Offshore
Global Law Firm Warns Over Dangers Of Confusing Tax Evasion With Avoidance

The conflation of tax avoidance and evasion by policymakers
and commentators in recent years threatens legitimate tax
planning, lawyers at
Withers said as Group of Eight national leaders met in Northern
Ireland.
With demands for greater transparency from financial hubs
such as the Cayman Islands, Switzerland and other locations a
near-constant theme
in recent months, UK prime minister David Cameron and his
counterparts have
made financial openness a central topic of the G8 meeting. The UK
government, meanwhile, has recently clashed
with international firms such as Starbucks over the latter’s tax
bill and
signed a bilateral treaty with Switzerland,
among other countries, to bring back undisclosed accounts.
However, the furore over the role of offshore financial
centers has been accompanied by a worrying trend of tax evasion
being lumped together
with avoidance activity, Sophie Dworetzsky, tax partner at
Withers, said in a
note.
"The UK
government's spotlight on tax has been a clear policy priority
for some time,
with the long awaited General Anti-Abuse Rule coming into UK law
this
summer. What has become increasingly
noticeable, and of great concern to legitimate tax planning, is
the way that
the authorities have presented tax evasion (which is clearly
illegal) and tax
avoidance (which means working within the rules to minimize tax
liabilities)
together, thereby smudging the divide between the two,” she said.

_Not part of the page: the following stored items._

//! The trips of a feed.
ghost use Rattle.std.specs.Prelude.{◌≡◌, ◌<◌, ◌≤◌, ◌≤ℤ◌, ◌+ℤ◌, pos, negsuc, ℤ, length, All, IfOk};
ghost use Rattle.feed_rows.specs.Limits.{least_shift, most_shift};
ghost use Rattle.transit_base.specs.Limits.{most_time};
ghost use Rattle.feed_rows.specs.declared.journeys.Call.{Call};
ghost use Rattle.feed_rows.specs.Calls.{calls_of, first_departure};
ghost use Rattle.feed_rows.specs.Shifts.{has_frequencies, is_shift, shifts_of};
ghost use Rattle.feed_rows.specs.Rides.{runs_on, is_ride, ride_facts, facts_between, moment_of, trip_network};
ghost use Rattle.feed_rows.specs.RowsById.{find_trip};
ghost use Rattle.plain_laws.specs.Plain.{at_and};
ghost use Rattle.feed_trips.specs.Runs.{AreRunsOf, IsSoundRun};

use crate::calls::{Calls, TripCalls};
use crate::ids::trip_with;
use crate::order::{calls_by_trip, runs_by_trip};
use crate::runs::{has_run_at, shifts_of_runs};
use feed_rows::{Call, Feed, FrequencyRow, Ride, RideFacts, Shifts};
use item_groups::Groups;
use std::alloc::{AllocError, Global};
use std::marker::Model;
use transit_base::{Moment, NetworkId, TripId};

/// The trips of a feed, with their calls in order, the times filled in. Contracts see it as the rows of its feed.
pub struct Trips<'f> {
    feed: &'f Feed,
    /// The calls of each trip.
    calls: TripCalls<'f>,
    /// The frequency rows of each trip.
    frequencies: Groups<FrequencyRow>,
}

// Written out, so that what holds one needn't look into it to let go of it.
impl<'f> Drop for Trips<'f> {
    fn drop(self) {
        let Trips {
            feed: _,
            calls: _,
            frequencies: _,
        } = self;
    }
}

impl<'f> Model for Trips<'f> {
    ghost use Rattle.feed_rows.specs.FeedRows.{FeedRows};

    ghost Value = { FeedRows };

    ghost use Rattle.feed_trips.specs.Trips.{feed_inside, AreTablesOf};

    ghost view = { feed_inside };

    ghost invariant = { λ fields. AreTablesOf (feed_inside fields) fields };
}

impl<'f> Trips<'f> {
    /// The trips of the feed.
    ///
    /// # Errors
    /// Want of memory.
    pub fn build(alloc: Global, feed: &'f Feed) -> Result<Trips<'f>, AllocError>
        ensures { IfOk result (λ trips. trips ≡ feed.now) }
    {
        let _rows = &feed.trips;
        let frequencies = runs_by_trip(alloc, feed)?;
        match calls_by_trip(alloc, feed) {
            Ok(calls) => Ok(Trips {
                feed,
                calls,
                frequencies,
            }),
            Err(AllocError) => Err(AllocError),
        }
    }

    /// The trip with this id. None exactly where no trip has it.
    pub fn find(&self, id: &[u8]) -> Option<TripId>
        ensures { result ≡ find_trip self.now id.now }
    {
        trip_with(self.feed, id)
    }

    /// The calls of a trip, in order of their `stop_sequence`.
    pub fn calls_of(&self, trip: TripId) -> Calls<'_>
        requires { trip.0 < length self.now.trips }
        ensures value { result ≡ calls_of self.now trip }
        ensures times { All (λ (c : Call). (c.arrival ≤ most_time) × (c.departure ≤ most_time)) result }
    {
        self.calls.of_trip(trip.0 as usize)
    }

    // The frequency rows of a trip.
    fn frequencies_of(&self, trip: TripId) -> &[FrequencyRow]
        requires { trip.0 < length self.now.trips }
        ensures runs { AreRunsOf self.now trip result.now }
        ensures sound { All IsSoundRun result.now }
    {
        self.frequencies.group(trip.0 as usize)
    }

    /// Whether a trip has frequency rows.
    #[tactic(auto, using(crate::proofs::RunLaws::has_frequencies_none, crate::proofs::RunLaws::has_frequencies_rows))]
    pub fn has_frequencies(&self, trip: TripId) -> bool
        requires { trip.0 < length self.now.trips }
        ensures { result ≡ has_frequencies self.now trip }
    {
        let rows = self.frequencies_of(trip);
        if rows.is_empty() {
            return false;
        }
        true
    }

    // The departure from a trip's first call, in seconds of the service day; 0 where it has no call.
    fn first_departure(&self, trip: TripId) -> u32
        requires { trip.0 < length self.now.trips }
        ensures { result ≡ first_departure self.now trip }
    {
        match self.calls_of(trip).get(0) {
            Some(call) => call.departure,
            None => 0,
        }
    }

    /// The seconds by which the runs of a trip are later than its stop times say, ascending, each once: 0 alone for a
    /// trip without frequency rows.
    ///
    /// # Errors
    /// Want of memory.
    #[tactic(auto, using(crate::proofs::RunLaws::shifts_of_none, crate::proofs::RunLaws::shifts_of_rows))]
    pub fn shifts_of(&self, alloc: Global, trip: TripId) -> Result<Shifts, AllocError>
        requires { trip.0 < length self.now.trips }
        ensures { IfOk result (λ shifts. shifts ≡ shifts_of self.now trip) }
    {
        let rows = self.frequencies_of(trip);
        if rows.is_empty() {
            let mut shifts = Shifts::empty(alloc);
            shifts.push(0)?;
            return Ok(shifts);
        }
        shifts_of_runs(alloc, rows, self.first_departure(trip))
    }

    // Whether a run of the trip is so many seconds later than its stop times say.
    #[tactic(auto, using(crate::proofs::RunLaws::is_shift_none, crate::proofs::RunLaws::is_shift_rows))]
    fn is_shift(&self, trip: TripId, shift: i64) -> bool
        requires trip { trip.0 < length self.now.trips }
        requires low { least_shift ≤ℤ shift }
        requires high { shift ≤ℤ most_shift }
        ensures { result ≡ is_shift self.now trip shift }
    {
        let rows = self.frequencies_of(trip);
        if rows.is_empty() {
            return shift == 0;
        }
        has_run_at(rows, shifted(shift, self.first_departure(trip)))
    }

    /// The fare network of a trip's route.
    pub fn network(&self, trip: TripId) -> Option<NetworkId>
        requires { trip.0 < length self.now.trips }
        ensures { result ≡ trip_network self.now trip }
    {
        let feed = self.feed;
        let route = feed.trips.items()[trip.0 as usize].route;
        feed.routes.items()[route.0 as usize].network
    }

    // Whether a ride is one of the feed, where its trip's service is active on its day or isn't, as told.
    #[tactic(auto, using(crate::proofs::RunLaws::rides_by_shift))]
    fn is_ride(&self, active: bool, ride: &Ride) -> bool
        requires trip { ride.now.trip.0 < length self.now.trips }
        requires active { active ≡ runs_on self.now ride.now.trip ride.now.day.0 }
        requires shift_low { least_shift ≤ℤ ride.now.shift }
        requires shift_high { ride.now.shift ≤ℤ most_shift }
        ensures { result ≡ is_ride self.now ride.now }
    {
        let calls = self.calls_of(ride.trip);
        active
            && self.is_shift(ride.trip, ride.shift)
            && ride.from < ride.to
            && may_board(&calls, ride.from)
            && may_alight(&calls, ride.to)
    }

    /// Where and when a ride goes, where its trip's service is active on its day or isn't, as told. None exactly where
    /// it is no ride of the feed. The day lies from -800,000 to 3,000,000 and the shift from -700,000 to 700,000.
    pub fn facts(&self, active: bool, ride: &Ride) -> Option<RideFacts>
        requires trip { ride.now.trip.0 < length self.now.trips }
        requires active { active ≡ runs_on self.now ride.now.trip ride.now.day.0 }
        requires day_low { negsuc 799_999 ≤ℤ ride.now.day.0 }
        requires day_high { ride.now.day.0 ≤ℤ pos 3_000_000 }
        requires shift_low { least_shift ≤ℤ ride.now.shift }
        requires shift_high { ride.now.shift ≤ℤ most_shift }
        ensures { result ≡ ride_facts self.now ride.now }
    {
        if !self.is_ride(active, ride) {
            return None;
        }
        let calls = self.calls_of(ride.trip);
        let boarding = calls.get(ride.from as usize)?;
        let alighting = calls.get(ride.to as usize)?;
        Some(self.facts_between(ride, &boarding, &alighting))
    }

    // Where and when a ride between two calls goes.
    fn facts_between(&self, ride: &Ride, boarding: &Call, alighting: &Call) -> RideFacts
        requires trip { ride.now.trip.0 < length self.now.trips }
        requires day_low { negsuc 799_999 ≤ℤ ride.now.day.0 }
        requires day_high { ride.now.day.0 ≤ℤ pos 3_000_000 }
        requires shift_low { least_shift ≤ℤ ride.now.shift }
        requires shift_high { ride.now.shift ≤ℤ most_shift }
        requires departure { boarding.now.departure ≤ most_time }
        requires arrival { alighting.now.arrival ≤ most_time }
        ensures { result ≡ facts_between self.now ride.now boarding.now alighting.now }
    {
        RideFacts {
            from: boarding.stop,
            to: alighting.stop,
            network: self.network(ride.trip),
            departure: moment_of(ride, boarding.departure),
            arrival: moment_of(ride, alighting.arrival),
        }
    }
}

// The moment that is so many seconds of the service day, shifted as the ride is.
fn moment_of(ride: &Ride, seconds: u32) -> Moment
    requires day_low { negsuc 799_999 ≤ℤ ride.now.day.0 }
    requires day_high { ride.now.day.0 ≤ℤ pos 3_000_000 }
    requires shift_low { least_shift ≤ℤ ride.now.shift }
    requires shift_high { ride.now.shift ≤ℤ most_shift }
    requires seconds { seconds ≤ most_time }
    ensures { result ≡ moment_of ride.now seconds }
{
    Moment::at(ride.day, ride.shift + i64::from(seconds))
}

// The second of the service day that a second is shifted to.
fn shifted(shift: i64, second: u32) -> i64
    requires low { least_shift ≤ℤ shift }
    requires high { shift ≤ℤ most_shift }
    ensures { result ≡ shift +ℤ pos second }
{
    shift + i64::from(second)
}

// Whether there is a call at the position at which riders may board.
fn may_board(calls: &Calls, position: u32) -> bool
    ensures { result ≡ at_and calls.now position (λ (c : Call). c.pickup) }
{
    match calls.get(position as usize) {
        Some(call) => call.pickup,
        None => false,
    }
}

// Whether there is a call at the position at which riders may alight.
fn may_alight(calls: &Calls, position: u32) -> bool
    ensures { result ≡ at_and calls.now position (λ (c : Call). c.drop_off) }
{
    match calls.get(position as usize) {
        Some(call) => call.drop_off,
        None => false,
    }
}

“This has engendered a climate of intense uncertainty for
businesses and individuals, and led to numerous examples of
corporations or
individuals paying well over their required tax sums, if only to
be sure that
the finger of suspicion cannot be pointed their way. This
cannot be right or fair, and what's
needed now are clearer designations of what is 'right' and
'wrong', and when
taxpayers are 'safe' or 'at risk' in terms of their tax
responsibilities,” she
said.
At the weekend – as previously reported – the government of
the Cayman Islands vowed to join a
multi-lateral pact on assisting other jurisdictions on tax, as
well as to
publish action plans on the vexed issue of beneficial ownership
of trusts and
other structures.
Jurisdictions such as Guernsey, Jersey, the Isle of Man,
Liechtenstein, the British Virgin Islands and Monaco have
sighed information exchange agreements and other deals to comply
with pressure
from major nations fighting an exodus of tax revenues.
A particularly thorny issue is obtaining data on the
beneficial ownership of trusts and other structures. As explained
recently at a
conference in London
organized by Jersey Finance, the promotional agency for the
island, disclosing
beneficial ownership can put some wealthy families in danger.
The issue has taken on added urgency after millions of
internal records of client accounts – many of them in the BVI –
“leaked,”
according to newspaper reports. The issue has prompted the
government of the
BVI – as reported by this publication – to denounce such conduct
and warn about
the threat to legitimate client confidentiality.
Withers warned that blurring tax evasion – typically treated
as a crime – and avoidance – which is not – has dangerous
implications.
Chris Groves, a tax partner at Withers, said: “The
international tax clampdown has now gathered sufficient force and
shape to make
it clear that there are no hiding places left for tax
evaders. Although negotiations continue in many
jurisdictions, it seems inevitable that they will be successfully
concluded
before too long.”
“Law-abiding tax payers should have nothing to worry about
here, but the current direction of travel raises two
possibilities that would
be unwelcome and damaging for everyone. Firstly, deliberately
overlooking the
difference between tax evasion and avoidance may lead us down a
road where
structures which are currently entirely legal, swiftly become
outdated and are
viewed with suspicion. Put another way,
are we headed into a spiral of ever-diminishing options for
legitimate tax
planning?” he said.
“The second, related, point is the public skepticism
relating to offshore holdings at present.
Whilst we must acknowledge that offshore jurisdictions are
sometimes
used for tax abuse, this should not be used to smear every
offshore
structure. For many, offshore structures
provide personal privacy, and are especially useful for
individuals with business
interests around the world," Groves
added.
Some campaigners, such as the Tax Justice Network, claim
that some offshore centers remain secretive and a haven for
illicit and
undeclared funds; others claim that jurisdictions in some cases
conflate
legitimate privacy with questionable secrecy. In their defense,
organizations such
as the CATO Institute, a think tank based in Washington, DC,
have argued that the constant assault on tax havens is an attempt
by
debt-laden, often high-spending governments to create a global
tax cartel by
punishing tax competition. The crackdown on international
financial centers has
also raised questions about how far governments are prepared to
bend the rules
of due process of law. Germany,
for example, has paid for information stolen from private banks
in Switzerland and Liechtenstein in recent years.